*** Available data ***

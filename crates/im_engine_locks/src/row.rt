//! One or two requests.

ghost use Rattle.std.specs.Prelude.{◌≡◌, ◌≤◌, take, ◌∷◌, []};

use crate::request::Request;

/// The requests of a step that asks one lock, or two: the first so many of these.
#[derive(Clone, Copy)]
pub struct Row<'a> {
    requests: [Request<'a>; 2],
    count: usize,
    ghost within: { count ≤ 2 },
}

impl<'a> Row<'a> {
    /// One request.
    pub fn one(request: Request<'a>) -> Row<'a>
        ensures { take result.count result.requests ≡ request.entry ∷ [] }
    {
        Row {
            requests: [request, request],
            count: 1,
        }
    }

    /// Two requests.
    pub fn two(first: Request<'a>, second: Request<'a>) -> Row<'a>
        ensures { take result.count result.requests ≡ first.entry ∷ second.entry ∷ [] }
    {
        Row {
            requests: [first, second],
            count: 2,
        }
    }

    /// The requests, as `try_all` takes them.
    pub fn as_slice(&self) -> &[Request<'a>]
        ensures { result.now ≡ take self.now.count self.now.requests }
    {
        &self.requests[..self.count]
    }
}
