//! What a step asks of the lock table.

use crate::name::Name;
use im_theory_machine::{Duration, Mode};

/// One lock that a step asks.
#[derive(Clone, Copy, Debug)]
pub struct Request<'a> {
    pub name: Name<'a>,
    pub mode: Mode,
    pub duration: Duration,
}
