//! Deletes beside a structure change of another, which may begin one of their own that goes on over several steps.

ghost use Rattle.std.specs.Prelude.{◌≡◌, ◌≢◌, ◌≤◌, ℕ, [], Some, length, false, is_some, IfErr, OnErr};
ghost use Rattle.std.specs.FinMap.{entries, get};
ghost use Rattle.im_base_types.specs.declared.fault.Fault.TheVariants.{Memory};
ghost use Rattle.im_base_types.specs.Answers.{Delete};
ghost use Rattle.im_base_types.specs.Maps.{IndexMap};
ghost use Rattle.im_theory_log.specs.Histories.{Base};
ghost use Rattle.im_theory_log.specs.Writer.{Writer};
ghost use Rattle.im_page_pool.specs.Pool.{page_at, IsAt};
ghost use Rattle.im_page_writer.specs.PageWriter.{IsReadyWriter};
ghost use Rattle.im_page_writer.specs.Outcome.{fault_of, mild, no_page, AllPages, IsSound, Logs};
ghost use Rattle.im_theory_machine.specs.Table.{SameLasting, SameTable};
ghost use Rattle.im_theory_tree.specs.Levels.{walk};
ghost use Rattle.im_theory_tree.specs.Search.{IsOnWay};
ghost use Rattle.im_tree_search.specs.declared.change_beside.Beside.{Beside as BesideOf};
ghost use Rattle.im_tree_search.specs.Found.{IsReached};
ghost use Rattle.im_tree_search.specs.Levels.{HasLevel, bodies_of};
ghost use Rattle.im_tree_search.specs.Sights.{HasTreeBut, IfSeen};
ghost use Rattle.im_smo_actions.specs.GoingBeside.{HasWholeTreeBut};
ghost use Rattle.im_engine_access.specs.Barred.{TreeCause};
ghost use Rattle.im_engine_access.specs.ChangePlans.{IsLeavingDecided, LeavingKept, is_there_for};
ghost use Rattle.im_engine_access.specs.EditsBeside.{MayEditBeside, DeleteBesideKept, MayLeave, LeavingLogKept};
ghost use Rattle.im_engine_access.specs.LockCalls.{AsksLocks};

use crate::asking::{name_in, outcome_of};
use crate::begun::Deleting;
use crate::change_plan::Leaving;
use crate::changes::rid_in;
use crate::lock_answer::LockAnswer;
use crate::logging::log_delete;
use im_base_disk::Disk;
use im_base_txn::Transaction;
use im_base_types::{Fault, PageNo, Rid, TxnId};
use im_engine_locks::{LockTable, delete_row};
use im_page_pool::Frame;
use im_page_writer::PageWriter;
use im_smo_actions::{is_last_entry, plan_change};
use im_smo_drop_leaf::plan_delete_last;
use im_tree_search::{Beside, Sight, leaf_beside, next_in_leaf_beside, tree_page};
use std::alloc::Global;

// ---- in front of the grant

// Whether the key is there.
fn goes(leaving: &Leaving) -> bool
    ensures { result ≡ is_there_for leaving.now }
{
    match leaving {
        Leaving::Gone => false,
        _ => true,
    }
}

// Asks what a delete asks, of a key whose leaf is held.
fn ask_leaving<D: Disk>(
    writer: &mut PageWriter,
    disk: &mut D,
    locks: &mut LockTable,
    transaction: TxnId,
    held: Frame,
    key: &[u8],
    leaving: Leaving,
    beside: Beside<'_>,
) -> Result<Sight<LockAnswer<Leaving>>, Fault>
    requires ready { IsReadyWriter D.Disk writer.old disk.old }
    requires working { writer.old.failed ≡ false }
    requires at { IsAt writer.old.pool held }
    requires leaf { HasLevel 0 (page_at writer.old.pool held.number).body }
    ensures outcome { AsksLocks D.Disk writer.old disk.old writer.new disk.new (fault_of result) }
    ensures kept { (pages : AllPages) (m : IndexMap) → HasTreeBut D.Disk pages beside.entry writer.old disk.old → IsReached pages key.now 0 held.number writer.old.pool → walk (bodies_of pages) ≡ entries m → is_some (get m key.now) ≡ is_there_for leaving
        → IsSound result (IfSeen (IsLeavingDecided (λ x. x ≡ leaving) locks.old transaction key.now m locks.new) (TreeCause (bodies_of pages) beside.entry (Delete key.now) m × (locks.new ≡ locks.old))) }
    ensures table { OnErr result (SameTable locks.old locks.new) }
    ensures lasting { OnErr result (SameLasting locks.old locks.new) }
{
    let Sight::Seen((leaf, next)) = next_in_leaf_beside(writer, disk, held, key, beside)? else {
        return Ok(Sight::Hidden);
    };
    let row = delete_row(key, goes(&leaving), name_in(writer.page(leaf), &next));
    let verdict = locks.try_all(transaction, row.as_slice())?;
    Ok(Sight::Seen(outcome_of(verdict, leaving)))
}

// Plans that the leaf of a key, which has nothing else, leaves the tree, with no change under way, and asks the key's locks after it.
fn prepare_emptying<D: Disk>(
    alloc: Global,
    writer: &mut PageWriter,
    disk: &mut D,
    locks: &mut LockTable,
    transaction: TxnId,
    page: PageNo,
    key: &[u8],
    rid: Rid,
    beside: Beside<'_>,
) -> Result<Sight<LockAnswer<Leaving>>, Fault>
    requires ready { IsReadyWriter D.Disk writer.old disk.old }
    requires working { writer.old.failed ≡ false }
    ensures outcome { AsksLocks D.Disk writer.old disk.old writer.new disk.new (fault_of result) }
    ensures kept { (pages : AllPages) (m : IndexMap) → HasWholeTreeBut D.Disk pages beside.entry writer.old disk.old → walk (bodies_of pages) ≡ entries m → get m key.now ≡ Some rid
        → IsOnWay (bodies_of pages) 0 key.now page → page ≢ 1 → length (bodies_of pages page).entries ≡ 1 → beside.entry.pages.now ≡ []
        → LeavingKept pages beside.entry transaction key.now m locks.old locks.new result }
    ensures table { OnErr result (SameTable locks.old locks.new) }
    ensures lasting { OnErr result (SameLasting locks.old locks.new) }
{
    let images = plan_delete_last(alloc, writer, disk, key)?;
    let plan = plan_change(alloc, writer, disk, images)?;
    let held = tree_page(writer, disk, page, 0)?;
    let leaving = Leaving::Empties(page, rid, plan);
    ask_leaving(writer, disk, locks, transaction, held, key, leaving, beside)
}

// Lays a delete down: the key's leaf is searched, the change planned that takes the leaf out of the tree where it is left empty, and then
// the locks are asked. After a refusal nobody holds another lock than before.
fn prepare_leaving<D: Disk>(
    alloc: Global,
    writer: &mut PageWriter,
    disk: &mut D,
    locks: &mut LockTable,
    transaction: TxnId,
    key: &[u8],
    beside: Beside<'_>,
) -> Result<Sight<LockAnswer<Leaving>>, Fault>
    requires ready { IsReadyWriter D.Disk writer.old disk.old }
    requires working { writer.old.failed ≡ false }
    ensures outcome { AsksLocks D.Disk writer.old disk.old writer.new disk.new (fault_of result) }
    ensures kept { (pages : AllPages) (m : IndexMap) → HasWholeTreeBut D.Disk pages beside.entry writer.old disk.old → walk (bodies_of pages) ≡ entries m
        → LeavingKept pages beside.entry transaction key.now m locks.old locks.new result }
    ensures table { OnErr result (SameTable locks.old locks.new) }
    ensures lasting { OnErr result (SameLasting locks.old locks.new) }
{
    let Sight::Seen(leaf) = leaf_beside(writer, disk, key, beside)? else {
        return Ok(Sight::Hidden);
    };
    let found = rid_in(writer.page(leaf), key);
    let Some(rid) = found else {
        let leaving = Leaving::Gone;
        return ask_leaving(writer, disk, locks, transaction, leaf, key, leaving, beside);
    };
    if beside.has(leaf.number) {
        return Ok(Sight::Hidden);
    }
    if !is_last_entry(writer, leaf) {
        let leaving = Leaving::Takes(leaf.number, rid);
        return ask_leaving(writer, disk, locks, transaction, leaf, key, leaving, beside);
    }
    if !beside.is_none() {
        return Ok(Sight::Hidden);
    }
    let page = leaf.number;
    prepare_emptying(
        alloc,
        writer,
        disk,
        locks,
        transaction,
        page,
        key,
        rid,
        beside,
    )
}

// ---- after it

// Logs what was laid down.
fn log_leaving<D: Disk>(
    writer: &mut PageWriter,
    disk: &mut D,
    transaction: &Transaction,
    key: &[u8],
    leaving: Leaving,
) -> Result<Deleting, Fault>
    requires ready { IsReadyWriter D.Disk writer.old disk.old }
    requires working { writer.old.failed ≡ false }
    requires owner { 1 ≤ transaction.now.number }
    requires keyed { 1 ≤ length key.now }
    requires short { length key.now ≤ 255 }
    ensures outcome { Logs D.Disk false no_page writer.old disk.old writer.new disk.new (fault_of result) }
    ensures kept { (b : Base) (base : ℕ) (s : Writer) (e : ℕ) (beside : BesideOf) (may : MayLeave D.Disk b base s e transaction.now.number transaction.now.last transaction.now.undo_next key.now beside leaving writer.old disk.old)
        → LeavingLogKept D.Disk b base s e transaction.now.number transaction.now.last key.now beside may.since writer.new disk.new result }
{
    let number = transaction.number;
    match leaving {
        Leaving::Gone => Ok(Deleting::Gone),
        Leaving::Takes(page, rid) => {
            let lsn = log_delete(writer, disk, number, transaction.last, page, key, rid)?;
            Ok(Deleting::Taken(lsn))
        }
        Leaving::Empties(page, rid, plan) => {
            let lsn = log_delete(writer, disk, number, transaction.last, page, key, rid)?;
            Ok(Deleting::Dropping(plan.begin(number, lsn, lsn)))
        }
    }
}

/// What `delete` answers of a store whose structure changes go on over several steps, beside one of another transaction. Where the key's leaf
/// is left empty and not the root, and no change is under way, the key's record is logged, and a change begins that takes the leaf out of the
/// tree, no page of which is logged: it goes on by `BegunChange::step`, and `Change::close` ends it.
///
/// It is hidden where a page that is made stands on the key's way, or where the walk to the next key comes to; where the key is there, and its
/// leaf a page of the change beside; and where its leaf would be left empty beside one. Then no lock was asked.
///
/// What the change wants of memory is had before a lock is asked. After `Memory`, `Wait` and `Die` nobody holds another lock than before.
pub fn delete_beside<D: Disk>(
    alloc: Global,
    writer: &mut PageWriter,
    disk: &mut D,
    locks: &mut LockTable,
    transaction: &Transaction,
    key: &[u8],
    beside: Beside<'_>,
) -> Result<Sight<LockAnswer<Deleting>>, Fault>
    requires ready { IsReadyWriter D.Disk writer.old disk.old }
    requires working { writer.old.failed ≡ false }
    requires owner { 1 ≤ transaction.now.number }
    requires keyed { 1 ≤ length key.now }
    requires short { length key.now ≤ 255 }
    ensures outcome { Logs D.Disk false mild writer.old disk.old writer.new disk.new (fault_of result) }
    ensures kept { (b : Base) (base : ℕ) (s : Writer) (e : ℕ) → MayEditBeside D.Disk b base s e transaction.now.number transaction.now.last transaction.now.undo_next (Delete key.now) beside.entry locks.old writer.old disk.old
        → DeleteBesideKept D.Disk b base s e transaction.now.number transaction.now.last key.now beside.entry locks.old locks.new disk.old writer.new disk.new result }
    ensures table { IfErr result (λ e. e ≡ Memory → SameTable locks.old locks.new) }
    ensures lasting { IfErr result (λ e. e ≡ Memory → SameLasting locks.old locks.new) }
{
    let number = transaction.number;
    let Sight::Seen(answer) = prepare_leaving(alloc, writer, disk, locks, number, key, beside)?
    else {
        return Ok(Sight::Hidden);
    };
    let leaving = match answer {
        LockAnswer::Granted(leaving) => leaving,
        LockAnswer::Wait(holder) => return Ok(Sight::Seen(LockAnswer::Wait(holder))),
        LockAnswer::Die => return Ok(Sight::Seen(LockAnswer::Die)),
    };
    let deleting = log_leaving(writer, disk, transaction, key, leaving)?;
    Ok(Sight::Seen(LockAnswer::Granted(deleting)))
}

*** End of Available data ***

▶ _Task directions_
Looking back over the listing above, how many lines include the word "LockAnswer"? Give the number and nothing more.

▶ _Response area_
9